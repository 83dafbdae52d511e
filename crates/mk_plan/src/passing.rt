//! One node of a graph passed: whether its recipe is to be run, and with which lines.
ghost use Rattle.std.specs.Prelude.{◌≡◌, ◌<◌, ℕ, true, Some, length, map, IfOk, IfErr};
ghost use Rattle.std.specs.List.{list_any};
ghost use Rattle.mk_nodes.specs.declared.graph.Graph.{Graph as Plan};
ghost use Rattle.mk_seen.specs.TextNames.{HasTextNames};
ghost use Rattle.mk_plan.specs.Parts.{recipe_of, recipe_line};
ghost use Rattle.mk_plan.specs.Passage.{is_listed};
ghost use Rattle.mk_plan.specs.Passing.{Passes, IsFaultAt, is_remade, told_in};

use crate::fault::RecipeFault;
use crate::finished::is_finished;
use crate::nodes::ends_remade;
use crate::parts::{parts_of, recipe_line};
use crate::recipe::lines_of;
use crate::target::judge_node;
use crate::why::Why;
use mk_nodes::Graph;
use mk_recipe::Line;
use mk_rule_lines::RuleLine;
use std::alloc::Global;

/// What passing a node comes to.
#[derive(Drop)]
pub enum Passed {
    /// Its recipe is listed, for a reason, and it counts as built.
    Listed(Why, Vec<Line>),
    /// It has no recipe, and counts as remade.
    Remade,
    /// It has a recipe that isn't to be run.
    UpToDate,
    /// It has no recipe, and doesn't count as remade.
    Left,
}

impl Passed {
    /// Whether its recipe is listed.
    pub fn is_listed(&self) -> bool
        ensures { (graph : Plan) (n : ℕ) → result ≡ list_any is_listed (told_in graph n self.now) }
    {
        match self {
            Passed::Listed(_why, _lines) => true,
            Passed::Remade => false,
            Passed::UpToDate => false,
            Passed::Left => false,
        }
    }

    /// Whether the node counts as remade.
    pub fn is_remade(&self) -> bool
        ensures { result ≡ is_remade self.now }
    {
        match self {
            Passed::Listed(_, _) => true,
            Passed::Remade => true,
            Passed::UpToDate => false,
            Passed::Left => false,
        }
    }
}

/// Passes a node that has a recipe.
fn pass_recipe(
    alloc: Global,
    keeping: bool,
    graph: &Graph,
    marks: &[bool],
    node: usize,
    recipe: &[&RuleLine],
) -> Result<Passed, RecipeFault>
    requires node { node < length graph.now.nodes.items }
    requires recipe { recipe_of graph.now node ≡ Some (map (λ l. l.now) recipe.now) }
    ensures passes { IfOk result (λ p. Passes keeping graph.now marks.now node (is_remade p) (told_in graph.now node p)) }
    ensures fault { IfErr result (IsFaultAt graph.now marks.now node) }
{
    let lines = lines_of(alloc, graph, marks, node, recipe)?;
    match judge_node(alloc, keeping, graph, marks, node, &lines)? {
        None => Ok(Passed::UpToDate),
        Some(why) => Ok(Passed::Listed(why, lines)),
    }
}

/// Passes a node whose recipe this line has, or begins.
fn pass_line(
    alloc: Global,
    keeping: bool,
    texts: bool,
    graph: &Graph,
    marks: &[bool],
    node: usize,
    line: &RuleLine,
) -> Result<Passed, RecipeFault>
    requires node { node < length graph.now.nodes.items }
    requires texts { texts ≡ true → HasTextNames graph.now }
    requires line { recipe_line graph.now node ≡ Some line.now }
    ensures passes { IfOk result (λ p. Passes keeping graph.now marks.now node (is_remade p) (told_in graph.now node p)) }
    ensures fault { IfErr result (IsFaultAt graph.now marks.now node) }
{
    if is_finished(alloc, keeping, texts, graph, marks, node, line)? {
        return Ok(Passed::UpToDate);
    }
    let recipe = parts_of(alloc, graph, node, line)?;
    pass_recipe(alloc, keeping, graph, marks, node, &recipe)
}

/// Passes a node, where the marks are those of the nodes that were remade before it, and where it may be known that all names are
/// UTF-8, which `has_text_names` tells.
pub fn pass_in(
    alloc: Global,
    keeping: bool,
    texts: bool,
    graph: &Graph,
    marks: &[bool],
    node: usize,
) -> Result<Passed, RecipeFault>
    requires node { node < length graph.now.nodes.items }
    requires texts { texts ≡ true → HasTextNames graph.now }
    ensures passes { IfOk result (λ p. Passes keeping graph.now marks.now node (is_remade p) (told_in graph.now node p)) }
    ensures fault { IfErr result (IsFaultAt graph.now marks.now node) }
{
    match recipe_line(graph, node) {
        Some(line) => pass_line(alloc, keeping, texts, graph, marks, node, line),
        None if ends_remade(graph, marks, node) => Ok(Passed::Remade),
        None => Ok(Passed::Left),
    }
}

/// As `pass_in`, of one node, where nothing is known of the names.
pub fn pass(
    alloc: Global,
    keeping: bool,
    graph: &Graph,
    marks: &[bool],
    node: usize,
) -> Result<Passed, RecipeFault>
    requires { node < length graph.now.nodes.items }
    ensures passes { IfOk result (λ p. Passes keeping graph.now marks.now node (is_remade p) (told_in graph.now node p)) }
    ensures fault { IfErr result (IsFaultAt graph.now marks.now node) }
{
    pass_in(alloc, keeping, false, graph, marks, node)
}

* * *

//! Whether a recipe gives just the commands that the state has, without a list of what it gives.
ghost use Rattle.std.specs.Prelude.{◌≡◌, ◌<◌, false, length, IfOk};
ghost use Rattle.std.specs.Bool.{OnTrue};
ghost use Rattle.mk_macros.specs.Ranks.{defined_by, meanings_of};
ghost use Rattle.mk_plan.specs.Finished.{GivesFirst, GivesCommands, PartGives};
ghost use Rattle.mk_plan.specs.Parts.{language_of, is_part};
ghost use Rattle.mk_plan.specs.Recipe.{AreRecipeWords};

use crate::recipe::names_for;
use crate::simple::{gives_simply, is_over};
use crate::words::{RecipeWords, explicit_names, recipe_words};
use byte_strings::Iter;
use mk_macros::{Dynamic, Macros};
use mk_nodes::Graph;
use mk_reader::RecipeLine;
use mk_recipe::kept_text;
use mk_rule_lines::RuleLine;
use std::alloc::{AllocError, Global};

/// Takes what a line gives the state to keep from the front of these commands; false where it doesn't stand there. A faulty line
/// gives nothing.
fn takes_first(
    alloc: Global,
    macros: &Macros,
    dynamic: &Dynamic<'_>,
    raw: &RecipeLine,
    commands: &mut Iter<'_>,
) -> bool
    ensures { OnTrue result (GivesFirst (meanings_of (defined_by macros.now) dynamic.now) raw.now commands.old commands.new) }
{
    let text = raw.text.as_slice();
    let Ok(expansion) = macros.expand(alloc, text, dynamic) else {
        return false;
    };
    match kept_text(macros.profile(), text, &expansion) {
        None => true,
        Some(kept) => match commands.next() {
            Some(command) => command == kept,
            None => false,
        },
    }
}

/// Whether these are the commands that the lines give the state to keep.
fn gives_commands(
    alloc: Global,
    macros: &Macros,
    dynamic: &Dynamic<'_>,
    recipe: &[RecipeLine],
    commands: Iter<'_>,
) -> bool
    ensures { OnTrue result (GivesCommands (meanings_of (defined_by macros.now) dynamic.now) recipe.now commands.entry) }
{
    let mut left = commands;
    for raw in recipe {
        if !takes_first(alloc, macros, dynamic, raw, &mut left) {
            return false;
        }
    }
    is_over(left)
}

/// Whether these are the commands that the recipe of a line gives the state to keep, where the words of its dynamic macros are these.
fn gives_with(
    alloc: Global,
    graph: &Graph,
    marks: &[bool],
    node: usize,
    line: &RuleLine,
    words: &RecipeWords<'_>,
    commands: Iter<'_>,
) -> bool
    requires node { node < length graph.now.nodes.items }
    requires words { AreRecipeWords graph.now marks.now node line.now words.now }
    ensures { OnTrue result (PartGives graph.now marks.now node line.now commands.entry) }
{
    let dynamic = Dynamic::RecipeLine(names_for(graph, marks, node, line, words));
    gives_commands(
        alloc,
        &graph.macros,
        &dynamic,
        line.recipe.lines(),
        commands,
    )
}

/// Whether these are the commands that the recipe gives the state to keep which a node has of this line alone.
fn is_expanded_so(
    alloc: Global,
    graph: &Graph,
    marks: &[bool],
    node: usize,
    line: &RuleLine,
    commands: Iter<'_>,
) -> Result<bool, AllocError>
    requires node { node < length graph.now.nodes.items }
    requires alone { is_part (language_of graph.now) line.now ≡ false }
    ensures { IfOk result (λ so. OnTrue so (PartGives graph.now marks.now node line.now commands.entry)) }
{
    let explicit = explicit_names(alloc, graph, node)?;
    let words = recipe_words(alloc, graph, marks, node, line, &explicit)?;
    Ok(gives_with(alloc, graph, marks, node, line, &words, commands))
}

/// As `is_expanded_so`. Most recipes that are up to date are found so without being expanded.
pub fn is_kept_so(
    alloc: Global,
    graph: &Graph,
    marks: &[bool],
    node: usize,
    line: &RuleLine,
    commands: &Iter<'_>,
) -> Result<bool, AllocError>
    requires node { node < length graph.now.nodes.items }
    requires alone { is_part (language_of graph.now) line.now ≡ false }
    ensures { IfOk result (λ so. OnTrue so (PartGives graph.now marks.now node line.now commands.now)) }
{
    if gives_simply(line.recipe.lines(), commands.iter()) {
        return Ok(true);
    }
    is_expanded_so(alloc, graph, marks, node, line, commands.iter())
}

TASK DESCRIPTION: Lines containing the word "that" must all be returned from the material above.

TASK RESULT:
    /// It has a recipe that isn't to be run.
/// Passes a node that has a recipe.
/// Passes a node, where the marks are those of the nodes that were remade before it, and where it may be known that all names are
//! Whether a recipe gives just the commands that the state has, without a list of what it gives.
/// Whether these are the commands that the lines give the state to keep.
/// Whether these are the commands that the recipe of a line gives the state to keep, where the words of its dynamic macros are these.
/// Whether these are the commands that the recipe gives the state to keep which a node has of this line alone.
/// As `is_expanded_so`. Most recipes that are up to date are found so without being expanded.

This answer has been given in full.